I am a bit disappointed by the criticism coming from the Muslim League led by Nawaz Sharif. He knows better because he saw through the game when he flew to Washington to retrieve the honour of his armed forces after the debacle at Kargil. They are the same terrorists who indulged in bomb blasts in Lahore, Bhakkar or elsewhere. They are the ones who burnt the Marriott in Islamabad. If Nawaz Sharif were to analyse the situation dispassionately, he would come to the same conclusion as Zardari has. Political considerations should not cloud Nawaz Sharif’s judgment.

Kashmir is an issue which has to be settled. There is no running away from it. But should even limited ties between the two countries depend on the solution of Kashmir? Both sides have wasted 60 long years and have fought three wars. They are nowhere nearer the Kashmir solution than they were in 1948. Had we reversed the order and facilitated trade and travel first, we would have generated enough goodwill to take up thorny problems like Kashmir.

Whenever I have visited Pakistan, I have found the climate improving. There is no tension. Pakistanis are awakening to New Delhi’s difficulties in keeping its polity pluralistic as well as democratic. India is ashamed of many happenings, particularly those which have made a mockery of our secular credentials.

Still the majority of people are trying to restore the ‘balance’ which India has come to represent over the years. The task has become more difficult because a band of Taliban has come up among the Hindus. Since we are nearing the general election, the BJP is at its old game of dividing the society. The party, burning with the ambition to return to power, is using all methods to incite the Hindus that constitute the majority.

Equation with Islamabad is an essential ingredient to protect the ethos of secularism. This is where I find Zardari different from the general run of politicians in Pakistan. He is preparing his country to face certain realities. He has no hesitation in saying that India is not a threat to his country. He has recognised India’s economic prowess. He rightly imagines Pakistani cement factories being constructed to provide for India’s huge infrastructure needs, Pakistan textile mills meeting Indian demand for blue jeans, Pakistani ports being used to relieve the congestion. What is wrong with that?

Mercifully, the clarification which Pakistan’s Information Minister Sherry Rehman issued regarding Zardari’s interview is confined to Kashmir. The most important part regarding economic cooperation between the two countries seems to have general support in Pakistan. It goes without saying that vested interests do not see anything beyond the Kashmir issue. And they are plugging the same old line. I concede that Kashmir is the core issue.
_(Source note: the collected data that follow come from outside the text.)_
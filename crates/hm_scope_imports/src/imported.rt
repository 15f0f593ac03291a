//! The modules whose interfaces a module needs (Haskell 98 Report, section 5.3).

ghost use Rattle.std.specs.Prelude.{◌≡◌, ◌↔◌, IfOk, IsTrue, map};
ghost use Rattle.std.specs.Arc.{arc_value};
ghost use Rattle.hm_names.specs.Imports.{AreImportsOf, imported};

use hm_scope_tables::TextSet;
use hm_syntax::Module;
use hm_types::Interface;
use std::alloc::{AllocError, Global};
use std::sync::Arc;

/// Returns the names of the imported modules except Prelude, each once, in order of first import.
pub fn imported_names(alloc: Global, module: &Module) -> Result<Vec<&str>, AllocError>
    ensures { IfOk result (λ names. map (λ n. n.now) names.items ≡ imported «module».now) }
{
    let mut seen = TextSet::new(alloc);
    seen.insert("Prelude")?;
    let mut names = Vec::new(alloc);
    for import in module.header.imports.as_slice() {
        let name = import.name.as_str();
        if seen.insert(name)? {
            names.push(name)?;
        }
    }
    Ok(names)
}

/// Returns whether the interfaces have these names, in order.
fn have_names(interfaces: &[Arc<Interface>], names: &[&str]) -> bool
    ensures { IsTrue result ↔ (map (λ f. f.name) (map arc_value interfaces.now) ≡ map (λ n. n.now) names.now) }
{
    if interfaces.len() != names.len() {
        return false;
    }
    for i in 0..names.len() {
        let name = names[i];
        let interface = &interfaces[i];
        if interface.name() != name {
            return false;
        }
    }
    true
}

/// Returns whether these are the interfaces that a module needs, in order of first import.
pub fn are_imports_of(
    alloc: Global,
    module: &Module,
    interfaces: &[Arc<Interface>],
) -> Result<bool, AllocError>
    ensures { IfOk result (λ b. IsTrue b ↔ AreImportsOf «module».now (map arc_value interfaces.now)) }
{
    let names = imported_names(alloc, module)?;
    Ok(have_names(interfaces, &names))
}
But certain steps like trade, travel and sharing technology will pave the ground to tackle the issue more effectively.

Even on Kashmir, Sherry Rehman has said that Zardari never called the Hurriyat leaders terrorists. He did not comment on them. Why bring in something he never said? He wants Pakistan to be at par with India. But at the same time Zardari is not scared of India’s influence abroad.
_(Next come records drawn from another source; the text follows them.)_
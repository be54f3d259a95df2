//! The outside as the store sees it.
ghost use Rattle.std.specs.Prelude.{◌≡◌, ◌<◌, ◌≤◌, ◌+◌, ◌^◌, ℕ, List, Some, None, length, take, is_ok, IsOk, IsErr, IsSome, IfSome, IfOk, OnOk, OnErr};
ghost use Rattle.kh_io.specs.declared.files.Files.{Files};
ghost use Rattle.kh_io.specs.Call.{Take, Give, Len, ReadAt, WriteAt, Cut, Sync, answer, front_given};
ghost use Rattle.kh_io.specs.Told.{Kept, Gains};
ghost use Rattle.kh_io.specs.Host.{TakesOff, EndsOnlyAtEnd, Adds, MayAdd};
ghost use Rattle.kh_io.specs.Disk.{AreImages, put, Torn, CutBack, CutPart, Follows, Stays, IsSafe, IsReadAt, MayWrite};
ghost use Rattle.kh_io.specs.View.{View};
ghost use Rattle.kh_io.specs.Frames.{FileTold, FilesStay, OthersStay, StreamsStay, SinkStays, InputStays, Cause, DiskCause, Elapses, OfView};

use crate::Failed;

/// Four files by number: 0 and 1 are the snapshot and the log of slot 0, 2 and 3 those of slot 1.
///
/// What a host tells it may stop telling in a call, and never begins to tell.
pub trait Disk {
    /// What the host tells at its moment.
    ghost view: { Self → View };

    /// The length of a file.
    fn len(&mut self, file: u8) -> Result<u64, Failed>
        requires { file < 4 }
        ensures length { IfOk result (λ n. FileTold file (view self.old) (view self.new)
            (λ bytes _. n ≡ length bytes)) }
        ensures files { FilesStay (view self.old) (view self.new) }
        ensures time { Elapses (view self.old) (view self.new) }
        ensures cause { DiskCause (IsErr result) (view self.old) (view self.new) }
        ensures streams { StreamsStay (view self.old) (view self.new) }
        ensures entry { Gains (view self.old).journal (view self.new).journal
            (Len file (answer result)) };

    /// Puts the bytes of a file from a place on into the buffer, and returns how many: fewer than it holds only at the file's end.
    fn read_at(&mut self, file: u8, at: u64, into: &mut [u8]) -> Result<usize, Failed>
        requires { file < 4 }
        ensures within { IfOk result (λ n. n ≤ length into.new) }
        ensures bytes { IfOk result (λ n. FileTold file (view self.old) (view self.new)
            (λ bytes _. IsReadAt bytes at n into.new)) }
        ensures files { FilesStay (view self.old) (view self.new) }
        ensures time { Elapses (view self.old) (view self.new) }
        ensures cause { DiskCause (IsErr result) (view self.old) (view self.new) }
        ensures streams { StreamsStay (view self.old) (view self.new) }
        ensures entry { Gains (view self.old).journal (view self.new).journal
            (ReadAt file at (length into.new) (front_given result into.new)) };

    /// Writes over what is there, and past the end. Until a sync, a crash may leave any bytes in the range.
    fn write_at(&mut self, file: u8, at: u64, bytes: &[u8]) -> Result<(), Failed>
        requires file { file < 4 }
        requires room { MayWrite ((view self.old).seen file) at (length bytes.now) }
        ensures written { OnOk result (FileTold file (view self.old) (view self.new)
            (λ old new. new ≡ put old at bytes.now)) }
        ensures part_written { OnErr result
            (FileTold file (view self.old) (view self.new)
            (Torn at (length bytes.now))) }
        ensures images { Follows (IsOk result × IsSome ((view self.new).seen file))
            (Torn at (length bytes.now)) ((view self.old).image file) ((view self.new).image file) }
        ensures others { OthersStay file (view self.old) (view self.new) }
        ensures time { Elapses (view self.old) (view self.new) }
        ensures cause { DiskCause (IsErr result) (view self.old) (view self.new) }
        ensures streams { StreamsStay (view self.old) (view self.new) }
        ensures entry { Gains (view self.old).journal (view self.new).journal
            (WriteAt file at bytes.now (is_ok result)) };

    /// Cuts a file to a length. Until a sync, a crash may leave any length down to it, and any bytes past it.
    fn cut(&mut self, file: u8, len: u64) -> Result<(), Failed>
        requires file { file < 4 }
        requires len { IfSome ((view self.old).seen file) (λ old. len ≤ length old) }
        ensures cut { OnOk result (FileTold file (view self.old) (view self.new)
            (λ old new. new ≡ take len old)) }
        ensures part_cut { OnErr result
            (FileTold file (view self.old) (view self.new) (CutPart len)) }
        ensures images { Follows (IsOk result × IsSome ((view self.new).seen file)) (CutBack len)
            ((view self.old).image file) ((view self.new).image file) }
        ensures others { OthersStay file (view self.old) (view self.new) }
        ensures time { Elapses (view self.old) (view self.new) }
        ensures cause { DiskCause (IsErr result) (view self.old) (view self.new) }
        ensures streams { StreamsStay (view self.old) (view self.new) }
        ensures entry { Gains (view self.old).journal (view self.new).journal
            (Cut file len (is_ok result)) };

    /// After it, a crash leaves of the file what a read gives. Where it fails, nothing is safer than before.
    fn sync(&mut self, file: u8) -> Result<(), Failed>
        requires { file < 4 }
        ensures safe { OnOk result (IsSafe ((view self.new).seen file)
            ((view self.new).image file)) }
        ensures read { Kept ((view self.old).seen file) ((view self.new).seen file) }
        ensures no_new_images { (bytes : List ℕ) → (view self.new).image file bytes
            → (view self.old).image file bytes }
        ensures not_safe { OnErr result
            (Stays ((view self.old).seen file) ((view self.new).seen file)
            ((view self.old).image file) ((view self.new).image file)) }
        ensures others { OthersStay file (view self.old) (view self.new) }
        ensures time { Elapses (view self.old) (view self.new) }
        ensures cause { DiskCause (IsErr result) (view self.old) (view self.new) }
        ensures streams { StreamsStay (view self.old) (view self.new) }
        ensures entry { Gains (view self.old).journal (view self.new).journal
            (Sync file (is_ok result)) };

    /// What a read gives is one of the images.
    ghost seen_is_image: { (host : Self) (file : ℕ) (bytes : List ℕ) → file < 4 → (view host).seen file ≡ Some bytes → (view host).image file bytes };

    /// Of a file that isn't told there is no image.
    ghost untold_is_not_left: { (host : Self) (file : ℕ) (bytes : List ℕ) → file < 4 → (view host).seen file ≡ None → (view host).image file bytes → ⊥ };

    /// The stamp counts what the sink has taken.
    ghost stamp_counts: { (host : Self) (bytes : List ℕ) → (view host).given ≡ Some bytes → (view host).stamp ≡ length bytes };

    /// This moment is one of those since an earlier one.
    ghost counts_now: { (host : Self) (t : ℕ) (files : Files) → t ≤ (view host).moment → AreImages (view host).image files → (view host).since t files (view host).stamp };

    /// Since this moment there is no other.
    ghost only_now: { (host : Self) (files : Files) (s : ℕ) → (view host).since (view host).moment files s → OfView (view host) files s };
}

/// The input, the sink of the output, and the disk.
pub trait Host: Disk {
    /// Puts first bytes of the input into the buffer and takes them off, and returns how many.
    /// It returns 0 for a buffer with room only at the end of the input.
    fn take(&mut self, into: &mut [u8]) -> Result<usize, Failed>
        ensures within { IfOk result (λ n. n ≤ length into.new) }
        ensures taken { IfOk result (λ n. TakesOff (Self.view self.old).left
            (Self.view self.new).left n into.new) }
        ensures end { IfOk result (λ n. EndsOnlyAtEnd (Self.view self.old).left
            (Self.view self.new).left n into.new) }
        ensures none_taken { OnErr result
            (Kept (Self.view self.old).left (Self.view self.new).left) }
        ensures cause { Cause (IsErr result) (Self.view self.old).faults.reads
            (Self.view self.new).faults.reads }
        ensures files { FilesStay (Self.view self.old) (Self.view self.new) }
        ensures time { Elapses (Self.view self.old) (Self.view self.new) }
        ensures sink { SinkStays (Self.view self.old) (Self.view self.new) }
        ensures entry { Gains (Self.view self.old).journal (Self.view self.new).journal
            (Take (length into.new) (front_given result into.new)) };

    /// Adds first bytes of the piece to what the sink has taken, and returns how many: at least one of a piece that has one.
    /// Where it fails, the sink may have taken any front of the piece.
    fn give(&mut self, bytes: &[u8]) -> Result<usize, Failed>
        ensures within { IfOk result (λ n. n ≤ length bytes.now) }
        ensures some { IfOk result (λ n. 0 < length bytes.now → 0 < n) }
        ensures added { IfOk result (λ n. Adds (Self.view self.old).given
            (Self.view self.new).given n bytes.now) }
        ensures front_added { OnErr result
            (MayAdd (Self.view self.old).given (Self.view self.new).given bytes.now) }
        ensures cause { Cause (IsErr result) (Self.view self.old).faults.writes
            (Self.view self.new).faults.writes }
        ensures files { FilesStay (Self.view self.old) (Self.view self.new) }
        ensures time { Elapses (Self.view self.old) (Self.view self.new) }
        ensures input { InputStays (Self.view self.old) (Self.view self.new) }
        ensures entry { Gains (Self.view self.old).journal (Self.view self.new).journal
            (Give bytes.now (answer result)) };
}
One thing striking about Zardari is that he is courageous enough to tread the ground on which politicians of the old mould fear to walk. Leaders of different parties in Pakistan have a viewpoint on India that is not divergent from one another’s. Kashmir is a symptom, not the disease. The disease is the feeling which the country’s size and economy evokes. It has more to do with fear than with religious bias.

No doubt, New Delhi is closely watching what Zardari does or says. His meeting with Prime Minister Manmohan Singh in New York went extremely well. It seems the latter was impressed by the former’s frankness. Pakistan is passing through difficult times. New Delhi has to do something concrete to express its solidarity with Islamabad, more so with the nascent democracy. It is in India’s own interest.

The writer is a leading journalist based in Delhi.